One of the most powerful tools in calculus is the Taylor series. It allows us to express functions as infinite sums of their derivatives at a single point. For functions like cosine and exponential functions, this can simplify complex problems, like the one given, into manageable algebra. The general form of a Taylor series expansion of a function \( f(x) \) centered at \( a \) is:

• \( f(x) = f(a) + f'(a)(x-a) + \frac{f''(a)}{2!}(x-a)^2 + \frac{f'''(a)}{3!}(x-a)^3 + \cdots \)

For our problem, we are especially interested in Taylor series expansions around \( x = 0 \), known as Maclaurin series. These involve substituting successive derivatives of the function at zero and are very useful for estimating function behavior around this point.
In the exercise solution, Taylor series help express \( \cos x \) and \( e^x \) in terms of powers of \( x \). In doing so, we can approximate these functions for very small \( x \), enabling us to perform precise calculations on their limits.

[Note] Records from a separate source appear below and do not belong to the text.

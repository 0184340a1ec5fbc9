//! Programs with their plans and reports.

/// A program, the plan of its run, and its report.
pub(crate) struct Sample {
    pub(crate) program: &'static str,
    pub(crate) superblocks: u32,
    pub(crate) units: u32,
    pub(crate) limit: u64,
    pub(crate) trace: bool,
    pub(crate) report: &'static str,
}
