ghost use Rattle.std.specs.Prelude.{◌≡◌, ℕ, ◌+◌, ◌*◌, ◌^◌, ◌<◌, ◌≤◌, ◌↔◌, ◌⊎◌, IsTrue, Some, length, slice_get};
ghost use Rattle.claim_core.specs.Claims.{set_count, IsSet, IsLowestClear};
ghost use Rattle.kt_words.specs.Capacity.{capacity};
ghost use Rattle.pool_core.specs.Superblocks.{given, taken_back, unused, HasRoom, IsEmpty, IsKept};

use claim_core::ClaimBits;
use kt_words::SuperWord;
use std::marker::Model;

const MOST_EVER: u64 = 17_592_186_044_415;

#[derive(Drop)]
pub struct Superblock {
    class: u8,
    ever: u64,
    bits: ClaimBits,
}

impl Model for Superblock {
    ghost use Rattle.pool_core.specs.Superblocks.{SuperblockState};

    ghost Value = { SuperblockState };

    ghost view = { λ s. record { class = s.class; count = s.bits.count; ever = s.ever; set = s.bits.set } };
}

impl Superblock {
    pub fn new(units: u32) -> Superblock
        requires some { 0 < units }
        requires few { units ≤ 512 }
        ensures { result ≡ unused units }
    {
        Superblock {
            class: 0,
            ever: 0,
            bits: ClaimBits::new(units),
        }
    }

    pub fn class(&self) -> u8
        ensures { result ≡ self.now.class }
    {
        self.class
    }

    pub fn count(&self) -> u32
        ensures count { result ≡ self.now.count }
        ensures few { self.now.count ≤ 512 }
    {
        self.bits.count()
    }

    pub fn ever(&self) -> u64
        ensures { result ≡ self.now.ever }
    {
        self.ever
    }

    pub fn is_set(&self, bit: u32) -> bool
        requires { bit < length self.now.set }
        ensures { slice_get self.now.set bit ≡ Some result }
    {
        self.bits.is_set(bit)
    }

    pub fn word(&self) -> SuperWord
        ensures { result ≡ record { count = self.now.count; class = self.now.class; ever = self.now.ever } }
    {
        SuperWord {
            count: self.count() as u16,
            class: self.class,
            ever: self.ever,
        }
    }

    // Whether a block of the class can be given, of which there are `room` in all.
    pub fn has_room(&self, class: u8, room: u32) -> bool
        ensures { IsTrue result ↔ HasRoom class room self.now }
    {
        self.class == class && self.bits.count() < room
    }

    pub fn is_empty(&self) -> bool
        ensures { IsTrue result ↔ IsEmpty self.now }
    {
        self.bits.count() == 0
    }

    // Gives a block of the class, of which there are `room` in all, and answers its place.
    pub fn give(&mut self, class: u8, room: u32) -> u32
        requires counted { self.old.count ≡ set_count self.old.set }
        requires ever_fits { self.old.ever < 2 ^ 44 }
        requires within { room ≤ length self.old.set }
        requires below { self.old.count < room }
        ensures lowest { IsLowestClear self.old.set result }
        ensures inside { result < room }
        ensures after { self.new ≡ given self.old class result }
    {
        self.class = class;
        self.ever = (self.ever + 1).min(MOST_EVER);
        self.bits.reserve(room);
        self.bits.claim()
    }

    // Takes back the block of a place.
    pub fn take_back(&mut self, bit: u32)
        requires counted { self.old.count ≡ set_count self.old.set }
        requires out { IsSet self.old.set bit }
        ensures { self.new ≡ taken_back self.old bit }
    {
        self.bits.clear(bit);
        self.bits.settle();
    }
}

The cosine function, symbolized as \( \cos x \), is one of the fundamental trigonometric functions. It relates the angle of a right triangle to the ratio of the adjacent side to the hypotenuse. In calculus, the behavior of \( \cos x \) as \( x \) approaches a specific value, such as zero, becomes critically important in limit calculations.
The Maclaurin series for \( \cos x \) is used to approximate its value near \( x = 0 \). For our exercise, the expansion is:

• \( \cos x = 1 - \frac{x^2}{2} + \frac{x^4}{24} - \cdots \)

These terms allow us to substitute \( \cos x \) in our limit problem step by step, showing that when \( x \) is very small, \( \cos x \) is close to 1, with deviations captured by powers of \( x \). This understanding helps in simplifying expressions and directly affects how the problem resolves towards a finite limit.

Exponential functions, particularly \( e^x \), hold special importance in mathematics. Known for their unique rate of growth, they appear in a variety of scenarios including calculus limit problems like this one. The Maclaurin series expansion for the exponential function is defined as:

• \( e^x = 1 + x + \frac{x^2}{2} + \frac{x^3}{6} + \cdots \)

For the exercise we're solving, this series represents \( e^x \) as a sum of terms increasing with powers of \( x \). This form provides a way to understand how small changes in \( x \) affect the function’s value near zero.
By comparing \( e^x \) to \( \cos x \) and calculating expressions like \( \cos x - e^x \), we can zero in on simplified terms that are most significant. Understanding this expansion is crucial for applying limits and solving for a non-zero finite number.

In calculus, analyzing the limit of a function as it approaches a specific value is central to understanding its behavior, especially near points where it could become undefined. Limits offer insights into function continuity and help find precise values and behaviors for otherwise complex expressions.
The exercise focuses on finding the limit of a rational expression involving \( \cos x \) and \( e^x \) over a power of \( x \) as \( x \) approaches zero. This scenario tests our ability to simplify and find which terms dominate the outcome as \( x \) becomes very small.

• Continuity ensures that small changes in \( x \) result in small changes in \( f(x) \), essential for finding precise limits.
• By simplifying using Taylor series and reducing terms, we identify the correct power \( n \) to yield a finite non-zero limit.

Understanding continuity and limits allows us to dissect problems into parts, enabling precise solutions like in this exercise where \( n \) equals 3 for a finite non-zero outcome.